Lastly (for now), if I get a second TiVo with a good drive can I just swap it out with my current drive and reset it?

Thanks for all your help.

Kegger


----------



## classicsat (Feb 18, 2004)

One drive is the way to go.

People like Seagate, WD, and Samsung. You will want a good warranty likely, and them to honor it, even though it is in a DVR, and something quiet.

You need the LBA48 bootCD from PTVUpgrade or Weaknees.

If the "new" unit is the same model (first the digits in the model/TSN the same), you can.


----------



## blindlemon (May 12, 2002)

Samsung are the quietest; Seagate have a 5 year warranty. If you can get the Samsung HA250JC then you won't do much better.


----------



## Kegger (Jan 8, 2006)

I though I had to use a SATA-150 drive. Is that not true? If not, does it matter what I use?



blindlemon said:


> Samsung are the quietest; Seagate have a 5 year warranty. If you can get the Samsung HA250JC then you won't do much better.


----------



## kschauwe (Sep 17, 2003)

You need a Pata (IDE) drive. I like the new WD's which, if you buy a OEM verison, you will get a three year warranty. I have a 320gb WD, which I ordered from zipzoomfly.com. It's quiet and cool running.


----------



## Lannister80 (Oct 6, 2005)

kschauwe said:


> You need a Pata (IDE) drive. I like the new WD's which, if you buy a OEM verison, you will get a three year warranty. I have a 320gb WD, which I ordered from zipzoomfly.com. It's quiet and cool running.


I used two of these (I assume you're talking about the WD3200JB) to set up a dual 320GB Standalone (TCD540080) that reads 733 hr. They are very quiet and very cool running. They've got some nifty new ferro-fluid bearings that are (supposedly) much more durable. You can find the WD3200JB for $125 or so at zipzoomfly.
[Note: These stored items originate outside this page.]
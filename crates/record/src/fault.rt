// A fault of one record among many of its kind.
#[derive(Clone, Copy, Debug, PartialEq, Eq)]
pub struct RecordFault<F> {
    // The record's number among them, from 0.
    pub index: usize,
    // Where it begins, counted from byte 0 of the frame.
    pub start: u32,
    pub fault: F,
}
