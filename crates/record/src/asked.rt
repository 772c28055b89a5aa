// The number of the question that a fault answers, and where in its record the failing field lies.
ghost use Rattle.std.specs.Prelude.{◌<◌};

// A question's number and the failing field's offset from the record's first byte. Both are the format's own: refusals are
// printed and compared by them.
#[derive(Clone, Copy, Debug, PartialEq, Eq)]
pub struct Asked {
    pub number: u8,
    pub offset: usize,
    // A record is shorter.
    ghost within: { offset < 64 },
}
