// Where each field of a record lies, counted from the record's first byte. Reader, writer and the places of refusals use these alone.

pub const SAMPLE_SIZE: usize = 20;

pub const SAMPLE_KIND: usize = 0;

pub const SAMPLE_CLASS_CAP: usize = 1;

pub const SAMPLE_CLASS_FLOOR: usize = 2;

pub const SAMPLE_ZERO: usize = 3;

pub const SAMPLE_FIRST: usize = 4;

pub const SAMPLE_SECOND: usize = 8;

pub const SAMPLE_SPEED_FLOOR: usize = 12;

pub const SAMPLE_Q: usize = 16;

pub const GAP_SIZE: usize = 12;

pub const GAP_RISE: usize = 0;

pub const GAP_FALL: usize = 1;

pub const GAP_ZERO: usize = 2;

pub const GAP_UP: usize = 4;

pub const GAP_DOWN: usize = 8;

pub const ROW_SIZE: usize = 24;

pub const ROW_GAP: usize = 0;

pub const ROW_ZERO: usize = 2;

pub const ROW_D: usize = 4;

pub const ROW_C: usize = 8;

pub const ROW_G: usize = 12;

pub const ROW_LO: usize = 16;

pub const ROW_HI: usize = 20;

// The greatest permit class.
pub const CLASS_TOP: u8 = 7;
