// Each fault of a record in words: what the question that said no asks. By hand and not derived, since the faults of one
// question share its sentence.
use super::gap::GapFault;
use super::row::RowFault;
use super::sample::SampleFault;
use std::error::Error;
use std::fmt;

impl fmt::Display for SampleFault {
    fn fmt<W: fmt::Write>(&self, f: &mut fmt::Formatter<W>) -> fmt::Result {
        match *self {
            SampleFault::Kind => write!(
                f,
                "a sample's kind must be 0 (free), 1 (straight), 2 (bend) or 3 (fixed)"
            ),
            SampleFault::ZeroByte => write!(f, "a sample's fourth byte must be zero"),
            SampleFault::ClassCap | SampleFault::ClassFloor => {
                write!(f, "a class cap or floor must be at most 7")
            }
            SampleFault::Clause(fault) => write!(f, "{fault}"),
            SampleFault::SpeedFloor => write!(f, "a speed floor must be at most 2147483647"),
            SampleFault::EndOffset => write!(
                f,
                "the offset q must be zero at the first sample and the last"
            ),
        }
    }
}

impl fmt::Display for GapFault {
    fn fmt<W: fmt::Write>(&self, f: &mut fmt::Formatter<W>) -> fmt::Result {
        f.write_str(match self {
            GapFault::Rise | GapFault::Fall => "a class rise or fall must be at most 7",
            GapFault::ZeroBytes => "a gap's zero bytes must be zero",
            GapFault::Up | GapFault::Down => "up and down must be at most 2147483647",
        })
    }
}

impl fmt::Display for RowFault {
    fn fmt<W: fmt::Write>(&self, f: &mut fmt::Formatter<W>) -> fmt::Result {
        f.write_str(match self {
            RowFault::Gap => "a torque row must lie at a gap of the path",
            RowFault::ZeroBytes => "a torque row's zero bytes must be zero",
            RowFault::Order => "a torque row's gap may not be below that of the row before",
            RowFault::D | RowFault::C | RowFault::G | RowFault::Lo | RowFault::Hi => {
                "a torque row's numbers must lie within 16777216 of zero"
            }
            RowFault::LoAboveHi => "a torque row's lo may not be above its hi",
            RowFault::NoD => "a torque row's d may not be zero",
            RowFault::Weight => {
                "d - 2hc must not be zero, must have d's sign and must lie within 16777216 of zero"
            }
        })
    }
}

impl Error for SampleFault {}

impl Error for GapFault {}

impl Error for RowFault {}
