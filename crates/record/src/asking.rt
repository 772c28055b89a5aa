// Which question each fault of a record answers, and at which field.
ghost use Rattle.std.specs.Prelude.{◌≡◌};
ghost use Rattle.record.specs.declared.asked.Asked.{Asked};
ghost use Rattle.record.specs.Faults.{clause_offset_of, sample_asked, gap_asked, row_asked};

use super::asked::Asked;
use super::gap::GapFault;
use super::layout;
use super::row::RowFault;
use super::sample::SampleFault;
use clause::ClauseFault;

// Why a record is refused.
pub trait Fault {
    ghost asked: { Self → Asked };

    // The question that said no.
    fn asked(self) -> Asked
        ensures { result ≡ asked self };
}

// Of a clause's two numbers, where the one lies that does not fit.
fn clause_offset(fault: ClauseFault) -> usize
    ensures { result ≡ clause_offset_of fault }
{
    match fault {
        ClauseFault::TopSpeedNotFinite
        | ClauseFault::TopSpeedNegative
        | ClauseFault::FixedTooGreat
        | ClauseFault::FirstNotZero => layout::SAMPLE_FIRST,
        ClauseFault::CurvatureNotFinite | ClauseFault::SecondNotZero => layout::SAMPLE_SECOND,
    }
}

impl Fault for SampleFault {
    ghost asked = { sample_asked };

    fn asked(self) -> Asked {
        let (number, offset) = match self {
            SampleFault::Kind => (20, layout::SAMPLE_KIND),
            SampleFault::ZeroByte => (21, layout::SAMPLE_ZERO),
            SampleFault::ClassCap => (22, layout::SAMPLE_CLASS_CAP),
            SampleFault::ClassFloor => (22, layout::SAMPLE_CLASS_FLOOR),
            SampleFault::Clause(fault) => (23, clause_offset(fault)),
            SampleFault::SpeedFloor => (24, layout::SAMPLE_SPEED_FLOOR),
            SampleFault::EndOffset => (25, layout::SAMPLE_Q),
        };
        Asked { number, offset }
    }
}

impl Fault for GapFault {
    ghost asked = { gap_asked };

    fn asked(self) -> Asked {
        let (number, offset) = match self {
            GapFault::Rise => (30, layout::GAP_RISE),
            GapFault::Fall => (30, layout::GAP_FALL),
            GapFault::ZeroBytes => (31, layout::GAP_ZERO),
            GapFault::Up => (32, layout::GAP_UP),
            GapFault::Down => (32, layout::GAP_DOWN),
        };
        Asked { number, offset }
    }
}

impl Fault for RowFault {
    ghost asked = { row_asked };

    fn asked(self) -> Asked {
        let (number, offset) = match self {
            RowFault::Gap => (40, layout::ROW_GAP),
            RowFault::ZeroBytes => (41, layout::ROW_ZERO),
            RowFault::Order => (42, layout::ROW_GAP),
            RowFault::D => (43, layout::ROW_D),
            RowFault::C => (43, layout::ROW_C),
            RowFault::G => (43, layout::ROW_G),
            RowFault::Lo => (43, layout::ROW_LO),
            RowFault::Hi => (43, layout::ROW_HI),
            RowFault::LoAboveHi => (44, layout::ROW_LO),
            RowFault::NoD => (45, layout::ROW_D),
            RowFault::Weight => (46, layout::ROW_D),
        };
        Asked { number, offset }
    }
}
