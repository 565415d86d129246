//! Two stations in one program, as an example of a program over `vk_host`: a client of station 1 sends numbers to a server of station 2,
//! which replies with their doubles. The stations hand each other their frames by themselves.
//!
//! What goes from one station to the other is a [`Wire`]; a [`Pair`] is both stations with their wires. Stands on `vk_host`, and on
//! `vk_base` and `vk_brief` for what its calls take.
#![tactic(auto)]

mod fault;
mod pair;
mod wire;

use crate::fault::Fault;
use crate::pair::Pair;
use std::alloc::Global;
use std::process::ExitCode;
use vk_base::{Config, Message, Outcome, Pid, ProcessSpec, Times};
use vk_brief::BriefCall;
use vk_host::Response;

/// A message with this number.
fn message_of(number: u8) -> Message {
    let mut bytes = [0; 32];
    bytes[1] = number;
    Message(bytes)
}

/// Both stations, of which each has one process.
fn pair_of(alloc: Global, client: Pid, server: Pid) -> Result<Pair, Fault> {
    let times = Times {
        tries: 5,
        interval: 4,
        life: 8,
    };
    let specs = [client, server].map(|pid| ProcessSpec { pid, size: 0 });
    match Config::new(alloc, times, 16, &specs) {
        Ok(config) => Pair::new(alloc, &config),
        Err(_) => Err(Fault::NoMemory),
    }
}

/// One exchange: what the client was replied.
fn exchange(pair: &mut Pair, client: Pid, server: Pid, number: u8) -> Result<Response, Fault> {
    pair.call(server, &BriefCall::Receive)?;
    let message = message_of(number);
    let target = server;
    pair.call(client, &BriefCall::Send { target, message })?;
    let Response::Given {
        outcome: Outcome::Received { from, message },
    } = pair.collect(server)?
    else {
        return Err(Fault::NotReceived);
    };
    let message = message_of(message.0[1].wrapping_mul(2));
    let to = from;
    pair.call(server, &BriefCall::Reply { message, to })?;
    pair.collect(client)
}

/// So many exchanges, each told on a line.
fn run(rt: &HostRuntime, rounds: u8) -> Result<(), Fault> {
    let alloc = rt.alloc();
    let (Some(client), Some(server)) = (Pid::new(1, 1), Pid::new(2, 1)) else {
        return Err(Fault::NoProcess);
    };
    let mut pair = pair_of(alloc, client, server)?;
    for round in 1..=rounds {
        let replied = match exchange(&mut pair, client, server, round)? {
            Response::Given {
                outcome: Outcome::Replied { message },
            } => message.0[1],
            _ => return Err(Fault::NotReplied),
        };
        if println!(rt; "sent {round}, replied {replied}").is_err() {
            return Err(Fault::Output);
        }
    }
    Ok(())
}

fn main(rt: HostRuntime) -> ExitCode {
    match run(&rt, 5) {
        Ok(()) => ExitCode::from(0),
        Err(fault) => {
            // Nothing is left to tell it to where this fails too.
            let _ = eprintln!(rt; "{fault}");
            ExitCode::from(1)
        }
    }
}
Oh, and if you're a total n00b, it's worth it to get the $20 InstantCake boot CD from PTVUpgrade (http://www.ptvupgrade.com/products/instantcake/). PM me for more info, but it's not hard. And that way you NEVER have to hook your original drive up to your computer and risk screwing it up; it can come right out of your TiVo and directly into your closet.


----------



## sholleran (Jul 12, 2005)

The suggestion that total Noobs should use Instant cake may scare some; take heart. Weaknees has an excellent interactive guided setup you can print (or browse on a second machine) that walks you though exactly your scenario upgrade. If you can : 
- follow instructions 
- move jumpers between slave/master
- plug IDE drives into IDE cable spots for slave/master
- read your computer / motherboard manual and learn which IDE cable is primary, which secondary
then you will get through it fine. 

Set aside a couple hours, but the actual backup runs in under a minute. You'll spend most of your time creating a FAT32 hard drive since you MUST write the backup onto a FAT32, unless you already have one you can use. If you don't know if your current drive is FAT32 or NTFS and don't want to learn, do consider Instant Cake. But that's really all the knowledge you need; be careful and follow the cookbook, you'll do fine. And for the slight extra work, you get to keep your original drive or reuse it (in TIVO or elsewhere) and burn the backup.bak to CD . . . no guarantee that TIVO drive in the closet won't die from old age (the grease turns to glue in time, the motor burns out when you start it up).


----------



## Kegger (Jan 8, 2006)

Thanks for all your replies. I already feel much more comfortable about doing this upgrade. I should note that while I am a noob to TiVo and upgrading one I have upgraded a few hard drives in PCs (I follow directions well).

I looked at tivo.upgrade-instructions(dot)com and printed off the instructions. I think I can handle it. I'm running XP and my hard drive is FAT32, so I can do the backup. One thing I concerned about is the LBA48 support so I can use my full drive. Will the iso image have that? My current TiVo version is 7.1 if that matters.

Is there anything else I need to worry about if I go this route instead of InstantCake? I've read something about not booting into XP with the TiVo drive connected or I'll destroy it. Anything I can do to make sure I avoid that?

Thanks again.

Kegger


----------